Data excerpts
//! Simulates a plan: makes its moves on one thread.
ghost use Rattle.std.specs.Prelude.{◌≡◌, IfOk};
ghost use Rattle.amo_sets.specs.Lists.{table};
ghost use Rattle.amo_kk.specs.World.{world_after_moves, round, rounds};
ghost use Rattle.amo_plan.specs.PlanSeen.{plan_seen};
ghost use Rattle.amo_report.specs.Texts.{plan_world, turns_of};

use amo_plan::Plan;
use amo_world::World;
use std::alloc::{AllocError, Global};

/// One turn of each worker, in the order of their numbers.
fn run_round(world: &mut World)
    ensures { world.new ≡ record { givens = world.old.givens; world = world_after_moves world.old.givens world.old.world (round world.old.givens.workers) } }
{
    let workers = world.givens().workers;
    for before in 0..workers {
        let _turned = world.turn(before + 1);
    }
}

/// Runs passes, `count` of them: in each pass each worker takes one turn.
pub(crate) fn run_rounds(world: &mut World, count: u32)
    ensures { world.new ≡ record { givens = world.old.givens; world = world_after_moves world.old.givens world.old.world (rounds world.old.givens.workers count) } }
{
    for _done in 0..count {
        run_round(world);
    }
}

/// Returns the world of a plan, after its schedule and its passes. Fails if there was no memory.
pub(crate) fn simulate(alloc: Global, plan: &Plan) -> Result<World, AllocError>
    ensures { IfOk result (λ w. w ≡ record { givens = (plan_seen plan.now).givens; world = plan_world (plan_seen plan.now) }) }
{
    let mut world = World::new(alloc, plan.heads.givens)?;
    world.run(plan.heads.moves.as_slice());
    run_rounds(&mut world, plan.heads.rounds);
    Ok(world)
}

/// Returns how many turns each worker has taken, in the order of the workers.
///
/// # Errors
///
/// `AllocError` if memory is refused.
pub fn all_turns(alloc: Global, world: &World) -> Result<Vec<u64>, AllocError>
    ensures { IfOk result (λ v. v.items ≡ turns_of world.now.givens world.now.world) }
{
    let workers = world.givens().workers;
    let mut turns = Vec::with_capacity(alloc, workers as usize)?;
    for before in 0..workers {
        turns.push(world.turns_of(before + 1))?;
    }
    Ok(turns)
}
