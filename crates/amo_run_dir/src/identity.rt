//! The identity of a run's folder: its id, and the files that were made with it.
ghost use Rattle.std.specs.Prelude.{◌≡◌, ◌∷◌, [], true, false, IfOk, IfSome, IfNone, OnOk, OnErr};
ghost use Rattle.amo_system_calls.specs.Calls.{Did, Missed, Look, ReadFile, Makes, MakesSome};
ghost use Rattle.amo_run_faults.specs.declared.layout.Item.TheVariants.{Id, Forgotten};
ghost use Rattle.amo_run_faults.specs.Names.{path_in};

use crate::files::{bytes_of, path_of};
use amo_journal::Checksum;
use amo_run_faults::{Fault, Item, Setting, had, is_id};
use amo_system_calls::SystemCalls;

/// How a run's folder was made.
#[derive(Clone, Copy, PartialEq, Eq)]
pub enum Age {
    /// With an id and all journals: a file that is missing is refused.
    Now,
    /// By version 0.1.0: a journal that is missing is empty, and nothing is written there.
    Old,
}

/// Returns the folder's id, if it has one: 32 hex digits.
///
/// # Errors
/// `Refused` if it is malformed.
fn id_of<S: SystemCalls>(system: &mut S, setting: &Setting<'_>) -> Result<Option<Vec<u8>>, Fault>
    ensures found { IfOk result (λ id. IfSome id (λ _. Makes (S.has_made system.old) (S.has_made system.new) (Did (ReadFile (path_in setting.now.run.now Id)) ∷ []))) }
    ensures missing { IfOk result (λ id. IfNone id (Makes (S.has_made system.old) (S.has_made system.new) (Missed (ReadFile (path_in setting.now.run.now Id)) ∷ []))) }
    ensures fails { OnErr result (MakesSome (S.has_made system.old) (S.has_made system.new) (ReadFile (path_in setting.now.run.now Id) ∷ [])) }
{
    let Some(bytes) = bytes_of(system, setting, Item::Id)? else {
        return Ok(None);
    };
    let [text @ .., b'\n'] = bytes.as_slice() else {
        return Err(Fault::Refused(Item::Id));
    };
    if !is_id(text) {
        return Err(Fault::Refused(Item::Id));
    }
    Ok(Some(text.to_vec(system.alloc())?))
}

/// Returns true if the folder has an id.
///
/// # Errors
/// `Refused` if it is malformed, `OtherId` if another run was asked for.
pub fn has_id<S: SystemCalls>(system: &mut S, setting: &Setting<'_>) -> Result<bool, Fault>
    ensures found { IfOk result (λ has. has ≡ true → Makes (S.has_made system.old) (S.has_made system.new) (Did (ReadFile (path_in setting.now.run.now Id)) ∷ [])) }
    ensures missing { IfOk result (λ has. has ≡ false → Makes (S.has_made system.old) (S.has_made system.new) (Missed (ReadFile (path_in setting.now.run.now Id)) ∷ [])) }
    ensures fails { OnErr result (MakesSome (S.has_made system.old) (S.has_made system.new) (ReadFile (path_in setting.now.run.now Id) ∷ [])) }
{
    let Some(text) = id_of(system, setting)? else {
        return Ok(false);
    };
    match setting.id {
        Some(asked) if asked.as_bytes() != text.as_slice() => Err(Fault::OtherId),
        _ => Ok(true),
    }
}

/// Returns the checksum that stands before the first append of a journal of the run.
///
/// # Errors
/// `NoId` if the folder has no id, `Refused` if it is malformed.
pub fn first_checksum<S: SystemCalls>(
    system: &mut S,
    setting: &Setting<'_>,
    item: Item,
) -> Result<Checksum, Fault>
    ensures done { OnOk result (Makes (S.has_made system.old) (S.has_made system.new) (Did (ReadFile (path_in setting.now.run.now Id)) ∷ [])) }
    ensures fails { OnErr result (MakesSome (S.has_made system.old) (S.has_made system.new) (ReadFile (path_in setting.now.run.now Id) ∷ [])) }
{
    let Some(id) = id_of(system, setting)? else {
        return Err(Fault::NoId);
    };
    let name = format!(in system.alloc(); "{item}")?;
    Ok(Checksum::first(&id, name.as_bytes()))
}

/// Refuses a folder that has no id, or another than was asked for.
///
/// # Errors
/// As [`has_id`], and `OldRun`, `NoId` or `Missing` if it has none.
pub fn check_id<S: SystemCalls>(system: &mut S, setting: &Setting<'_>) -> Result<(), Fault>
    ensures done { OnOk result (Makes (S.has_made system.old) (S.has_made system.new) (Did (ReadFile (path_in setting.now.run.now Id)) ∷ [])) }
{
    if has_id(system, setting)? {
        return Ok(());
    }
    Err(no_id(system, setting)?)
}

/// Returns the fault of a folder that has no id: it was made by version 0.1.0, or has lost its id,
/// or isn't a run's.
///
/// # Errors
/// `Read` if its record can't be read, and `Memory`.
pub fn no_id<S: SystemCalls>(system: &mut S, setting: &Setting<'_>) -> Result<Fault, Fault> {
    match bytes_of(system, setting, Item::Record)? {
        Some(bytes) if bytes.starts_with(b"amo-run 2\n") => Ok(Fault::Missing(Item::Id)),
        Some(_) => Ok(Fault::OldRun),
        None => Ok(Fault::NoId),
    }
}

/// Refuses a folder that isn't the run's, or whose run was given up.
///
/// # Errors
/// As [`check_id`], and `Forgotten`.
pub fn check_kept<S: SystemCalls>(system: &mut S, setting: &Setting<'_>) -> Result<(), Fault>
    ensures done { OnOk result (Makes (S.has_made system.old) (S.has_made system.new) (Did (ReadFile (path_in setting.now.run.now Id)) ∷ Missed (Look (path_in setting.now.run.now Forgotten)) ∷ [])) }
{
    check_id(system, setting)?;
    match len_of(system, setting, Item::Forgotten)? {
        Some(_) => Err(Fault::Forgotten),
        None => Ok(()),
    }
}

/// Returns how many bytes a file of the run has, if there is one.
///
/// # Errors
/// `Read` if the system can't look the file up, and `Memory`.
pub fn len_of<S: SystemCalls>(
    system: &mut S,
    setting: &Setting<'_>,
    item: Item,
) -> Result<Option<u64>, Fault>
    ensures found { IfOk result (λ len. IfSome len (λ _. Makes (S.has_made system.old) (S.has_made system.new) (Did (Look (path_in setting.now.run.now item)) ∷ []))) }
    ensures missing { IfOk result (λ len. IfNone len (Makes (S.has_made system.old) (S.has_made system.new) (Missed (Look (path_in setting.now.run.now item)) ∷ []))) }
    ensures fails { OnErr result (MakesSome (S.has_made system.old) (S.has_made system.new) (Look (path_in setting.now.run.now item) ∷ [])) }
{
    let path = path_of(system.alloc(), setting, item)?;
    match had(item, system.look(path.as_str(), true))? {
        Some(found) => Ok(Some(found.len)),
        None => Ok(None),
    }
}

# [Problem description]
In the records above, which lines hold the string "identity"? Copy each one.

# [Answer space]
filename crates/amo_run_dir/src/identity.rt
//! The identity of a run's folder: its id, and the files that were made with it.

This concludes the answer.